- **WHAT TO PRODUCE**
Scan the entries for lines with the word "List" and copy those lines.

[Dataset entries]
■ ■ ■ ■

ghost use Rattle.std.specs.Prelude.{◌≡◌, ◌≤◌, ℕ, length, take, IfErr, OnErr, OnOk};
ghost use Rattle.wf_value.specs.Gives.{no_memory};
ghost use Rattle.group_name.specs.Group.{Group};
ghost use Rattle.table_laws.specs.GroupHistories.{all_moves, requests_cancellation};
ghost use Rattle.table_laws.specs.GroupHolders.{SayWhoHolds};
ghost use Rattle.table_model.specs.GroupLaw.{KeepsLaw};
ghost use Rattle.table_laws.specs.Names.{Names};
ghost use Rattle.table_model.specs.Step.{after};

use run_plan::Command;
use run_table::Table;
use std::alloc::Global;
use wf_value::Refusal;

/// Carries out commands, one after another, by `Table::step`. The only error is 50, after some of the first ones.
///
/// The moves of each concurrency group on the way keep the law of groups, and they say exactly who holds the group in the table that the
/// calls leave.
/// Promise (Concurrency groups): The moves of commands that are carried out by calls of `Table::step` keep the law too
/// By: `step_laws::carry_out`, `after`, `law`, `some`
pub fn carry_out(alloc: Global, table: &mut Table, commands: &[Command]) -> Result<(), Refusal>
    ensures after { OnOk result (table.new ≡ after table.old commands.now) }
    ensures law { OnOk result ((names : Names) (g : Group)
        → KeepsLaw (requests_cancellation names g table.old commands.now) (all_moves names g table.old commands.now)) }
    ensures holders { OnOk result ((names : Names) (g : Group)
        → SayWhoHolds names table.new g (all_moves names g table.old commands.now)) }
    ensures refused { IfErr result (λ e. e ≡ no_memory) }
    ensures some { OnErr result ((n : ℕ) × (n ≤ length commands.now) × (table.new ≡ after table.old (take n commands.now))) }
{
    let _ = table.last_lease();
    take_steps(alloc, table, commands)?;
    Ok(())
}

/// Takes the steps of these commands.
fn take_steps(alloc: Global, table: &mut Table, commands: &[Command]) -> Result<(), Refusal>
    ensures after { OnOk result (table.new ≡ after table.old commands.now) }
    ensures refused { IfErr result (λ e. e ≡ no_memory) }
    ensures some { OnErr result ((n : ℕ) × (n ≤ length commands.now) × (table.new ≡ after table.old (take n commands.now))) }
{
    for command in commands {
        table.step(alloc, command)?;
    }
    Ok(())
}
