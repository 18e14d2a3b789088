// Files, copied into a folder.
ghost use Rattle.std.specs.Prelude.{◌≡◌, ◌++◌, ℕ, List, Option, IfOk, false};
ghost use Rattle.std.specs.Option.{option_map};
ghost use Rattle.std.specs.List.{AllByRecursion};
ghost use Rattle.std.specs.List.Sorted.{IsStrictlySortedBy};
ghost use Rattle.rel_path.specs.Files.{SameBut};
ghost use Rattle.rel_path.specs.Limits.{file_limit};
ghost use Rattle.rel_path.specs.Paths.{Path, path_cmp};
ghost use Rattle.tree_dev.specs.Tree.{Keeps, within};
ghost use Rattle.prune.specs.Cause.{HasCause, counts_of};
ghost use Rattle.collect.specs.Refusals.{is_large};
ghost use Rattle.prune.specs.Folders.{is_over};
ghost use Rattle.prune.specs.Steps.{
  OnlyMemory,
  IsOutside,
  IsOut,
  SameElsewhere,
  source,
  IsTooLarge,
  Writes,
  Copies,
  CopiesAll,
  tree_error,
};

use crate::PruneErr;
use pruned_files::is_lockfile;
use rel_path::limits::MAX_FILE_BYTES;
use rel_path::{Bytes, RelPath};
use std::alloc::Global;
use tree_dev::{DevErr, Found, Tree};

/// The path, below the folder.
fn joined(folder: &RelPath, path: &RelPath) -> Result<RelPath, PruneErr>
    ensures value { IfOk result (λ joined. joined ≡ folder.now ++ path.now) }
    ensures memory { OnlyMemory result }
{
    let mut joined = folder.copy()?;
    for name in path.components() {
        joined = joined.child(name)?;
    }
    Ok(joined)
}

fn too_large(path: &RelPath) -> PruneErr
    ensures { IsTooLarge path.now result }
{
    match path.copy() {
        Ok(path) => PruneErr::TooLarge { path },
        Err(_) => PruneErr::OutOfMemory,
    }
}

fn failed(error: DevErr) -> PruneErr
    ensures { result ≡ tree_error error }
{
    match error {
        DevErr::Failed => PruneErr::TreeFailed,
        DevErr::OutOfMemory => PruneErr::OutOfMemory,
    }
}

/// Puts the bytes at the path below the folder.
fn write_below<T: Tree>(
    alloc: Global,
    tree: &mut T,
    folder: &RelPath,
    path: &RelPath,
    bytes: &[u8],
) -> Result<(), PruneErr>
    requires free { (path : Path) → (T.state tree.old).held path ≡ false }
    ensures keeps { Keeps (T.state tree.old) (T.state tree.new) }
    ensures others { T.tells
        → SameBut (folder.now ++ path.now) (T.state tree.old).files (T.state tree.new).files }
    ensures writes { T.tells → Writes (folder.now ++ path.now) bytes.now
        (T.state tree.old).files (T.state tree.new).files result }
    ensures cause { (sink : ℕ) → HasCause (counts_of (T.state tree.old).faults sink)
        (counts_of (T.state tree.new).faults sink) result }
{
    let target = match joined(folder, path) {
        Ok(target) => target,
        Err(_) => return Err(PruneErr::OutOfMemory),
    };
    match tree.write(alloc, &target, bytes) {
        Ok(()) => Ok(()),
        Err(error) => Err(failed(error)),
    }
}

/// Puts what was found at the path, if a file was, at the path below the folder.
fn write_found<T: Tree>(
    alloc: Global,
    tree: &mut T,
    folder: &RelPath,
    path: &RelPath,
    found: Found,
) -> Result<(), PruneErr>
    requires free { (path : Path) → (T.state tree.old).held path ≡ false }
    ensures keeps { Keeps (T.state tree.old) (T.state tree.new) }
    ensures others { T.tells
        → SameBut (folder.now ++ path.now) (T.state tree.old).files (T.state tree.new).files }
    ensures copies { T.tells → (bytes : Option (List ℕ)) → found ≡ within file_limit bytes
        → Copies folder.now path.now (is_large bytes) bytes
        (T.state tree.old).files (T.state tree.new).files result }
    ensures cause { (sink : ℕ) → HasCause (counts_of (T.state tree.old).faults sink)
        (counts_of (T.state tree.new).faults sink) result }
{
    match found {
        Found::Absent => Ok(()),
        Found::TooLong => Err(too_large(path)),
        Found::Here(bytes) => write_below(alloc, tree, folder, path, bytes.as_slice()),
    }
}

/// Copies the file at the path, if one is there, below the folder.
fn copy_file<T: Tree>(
    alloc: Global,
    tree: &mut T,
    folder: &RelPath,
    path: &RelPath,
) -> Result<(), PruneErr>
    requires free { (path : Path) → (T.state tree.old).held path ≡ false }
    ensures keeps { Keeps (T.state tree.old) (T.state tree.new) }
    ensures others { T.tells
        → SameBut (folder.now ++ path.now) (T.state tree.old).files (T.state tree.new).files }
    ensures copies { T.tells → Copies folder.now path.now
        (is_large ((T.state tree.old).files path.now)) ((T.state tree.old).files path.now)
        (T.state tree.old).files (T.state tree.new).files result }
    ensures cause { (sink : ℕ) → HasCause (counts_of (T.state tree.old).faults sink)
        (counts_of (T.state tree.new).faults sink) result }
{
    match tree.read(alloc, path, MAX_FILE_BYTES) {
        Ok(found) => write_found(alloc, tree, folder, path, found),
        Err(error) => Err(failed(error)),
    }
}

/// Puts the text, if there is one, at the path below the folder.
fn write_text<T: Tree>(
    alloc: Global,
    tree: &mut T,
    folder: &RelPath,
    path: &RelPath,
    text: Option<&Bytes>,
) -> Result<(), PruneErr>
    requires free { (path : Path) → (T.state tree.old).held path ≡ false }
    ensures keeps { Keeps (T.state tree.old) (T.state tree.new) }
    ensures others { T.tells
        → SameBut (folder.now ++ path.now) (T.state tree.old).files (T.state tree.new).files }
    ensures copies { T.tells → Copies folder.now path.now false
        (option_map (λ b. b.now) text.entry)
        (T.state tree.old).files (T.state tree.new).files result }
    ensures cause { (sink : ℕ) → HasCause (counts_of (T.state tree.old).faults sink)
        (counts_of (T.state tree.new).faults sink) result }
{
    match text {
        None => Ok(()),
        Some(text) => write_below(alloc, tree, folder, path, text.as_slice()),
    }
}

/// Copies the file at the path, if one is there, below the folder. The lockfile's text is known.
fn copy_one<T: Tree>(
    alloc: Global,
    tree: &mut T,
    folder: &RelPath,
    text: Option<&Bytes>,
    path: &RelPath,
) -> Result<(), PruneErr>
    requires free { (path : Path) → (T.state tree.old).held path ≡ false }
    ensures keeps { Keeps (T.state tree.old) (T.state tree.new) }
    ensures others { T.tells
        → SameBut (folder.now ++ path.now) (T.state tree.old).files (T.state tree.new).files }
    ensures copies { T.tells → Copies folder.now path.now
        (is_over (T.state tree.old).files path.now)
        (source (option_map (λ b. b.now) text.entry) (T.state tree.old).files path.now)
        (T.state tree.old).files (T.state tree.new).files result }
    ensures cause { (sink : ℕ) → HasCause (counts_of (T.state tree.old).faults sink)
        (counts_of (T.state tree.new).faults sink) result }
{
    if is_lockfile(path) {
        write_text(alloc, tree, folder, path, text)
    } else {
        copy_file(alloc, tree, folder, path)
    }
}

/// Copies the files at these paths, in order, below the folder: `out`, or a folder in it, below which none of them
/// lies. `TooLarge` names the first that is over the limit, and leaves those in front of it copied.
pub(crate) fn copy_all<T: Tree>(
    alloc: Global,
    tree: &mut T,
    folder: &RelPath,
    text: Option<&Bytes>,
    paths: &[RelPath],
) -> Result<(), PruneErr>
    requires free { (path : Path) → (T.state tree.old).held path ≡ false }
    requires ascend { IsStrictlySortedBy path_cmp paths.now }
    requires outside { AllByRecursion IsOutside paths.now }
    requires out { IsOut folder.now }
    ensures keeps { Keeps (T.state tree.old) (T.state tree.new) }
    ensures elsewhere { T.tells
        → SameElsewhere (T.state tree.old).files (T.state tree.new).files }
    ensures copies { T.tells → CopiesAll (option_map (λ b. b.now) text.entry) folder.now paths.now
        (T.state tree.old).files (T.state tree.new).files result }
    ensures cause { (sink : ℕ) → HasCause (counts_of (T.state tree.old).faults sink)
        (counts_of (T.state tree.new).faults sink) result }
{
    for path in paths {
        match copy_one(alloc, tree, folder, text, path) {
            Ok(()) => {}
            Err(e) => return Err(e),
        }
    }
    Ok(())
}
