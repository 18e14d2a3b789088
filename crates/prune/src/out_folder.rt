// The folder `out`.
ghost use Rattle.std.specs.Prelude.{◌≡◌, IfOk};
ghost use Rattle.std.specs.Option.{option_copied};
ghost use Rattle.rel_path.specs.Paths.{parts_of};
ghost use Rattle.workspaces.specs.Space.{lies_below};
ghost use Rattle.prune.specs.Folders.{out_folder, json_folder, folder_of_all, first_below_out};
ghost use Rattle.prune.specs.Steps.{OnlyMemory};

use crate::PruneErr;
use rel_path::RelPath;
use std::alloc::Global;

const OUT_NAME: &str = "out";

const FULL_FOLDER: &str = "out/full";

const JSON_FOLDER: &str = "out/json";

/// Whether the path lies below `out`.
fn lies_below_out(path: &RelPath) -> bool
    ensures { result ≡ lies_below path.now out_folder }
{
    match path.components() {
        [first, _, ..] => OUT_NAME == first.as_str(),
        _ => false,
    }
}

/// The first of the paths that lies below `out`.
pub(crate) fn first_below_out(walk: &[RelPath]) -> Option<&RelPath>
    ensures { option_copied result ≡ first_below_out walk.now }
{
    walk.iter().find(|path| lies_below_out(path))
}

fn folder_at(alloc: Global, text: &str) -> Result<RelPath, PruneErr>
    ensures value { IfOk result (λ path. path ≡ parts_of text.now) }
    ensures memory { OnlyMemory result }
{
    match RelPath::read(alloc, text) {
        Ok(path) => Ok(path),
        Err(_) => Err(PruneErr::OutOfMemory),
    }
}

/// The folder of all files: `out`, and with folders for containers `full` in it.
pub(crate) fn folder_of_all(alloc: Global, docker: bool) -> Result<RelPath, PruneErr>
    ensures value { IfOk result (λ path. path ≡ folder_of_all docker) }
    ensures memory { OnlyMemory result }
{
    if docker {
        folder_at(alloc, FULL_FOLDER)
    } else {
        folder_at(alloc, OUT_NAME)
    }
}

/// The folder of the files that an installation needs.
pub(crate) fn json_folder(alloc: Global) -> Result<RelPath, PruneErr>
    ensures value { IfOk result (λ path. path ≡ json_folder) }
    ensures memory { OnlyMemory result }
{
    folder_at(alloc, JSON_FOLDER)
}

■ ■ ■ ■

- **THE ANSWER**
ghost use Rattle.std.specs.Prelude.{◌≡◌, ◌++◌, ℕ, List, Option, IfOk, false};
ghost use Rattle.std.specs.List.{AllByRecursion};
ghost use Rattle.std.specs.List.Sorted.{IsStrictlySortedBy};
    ensures copies { T.tells → (bytes : Option (List ℕ)) → found ≡ within file_limit bytes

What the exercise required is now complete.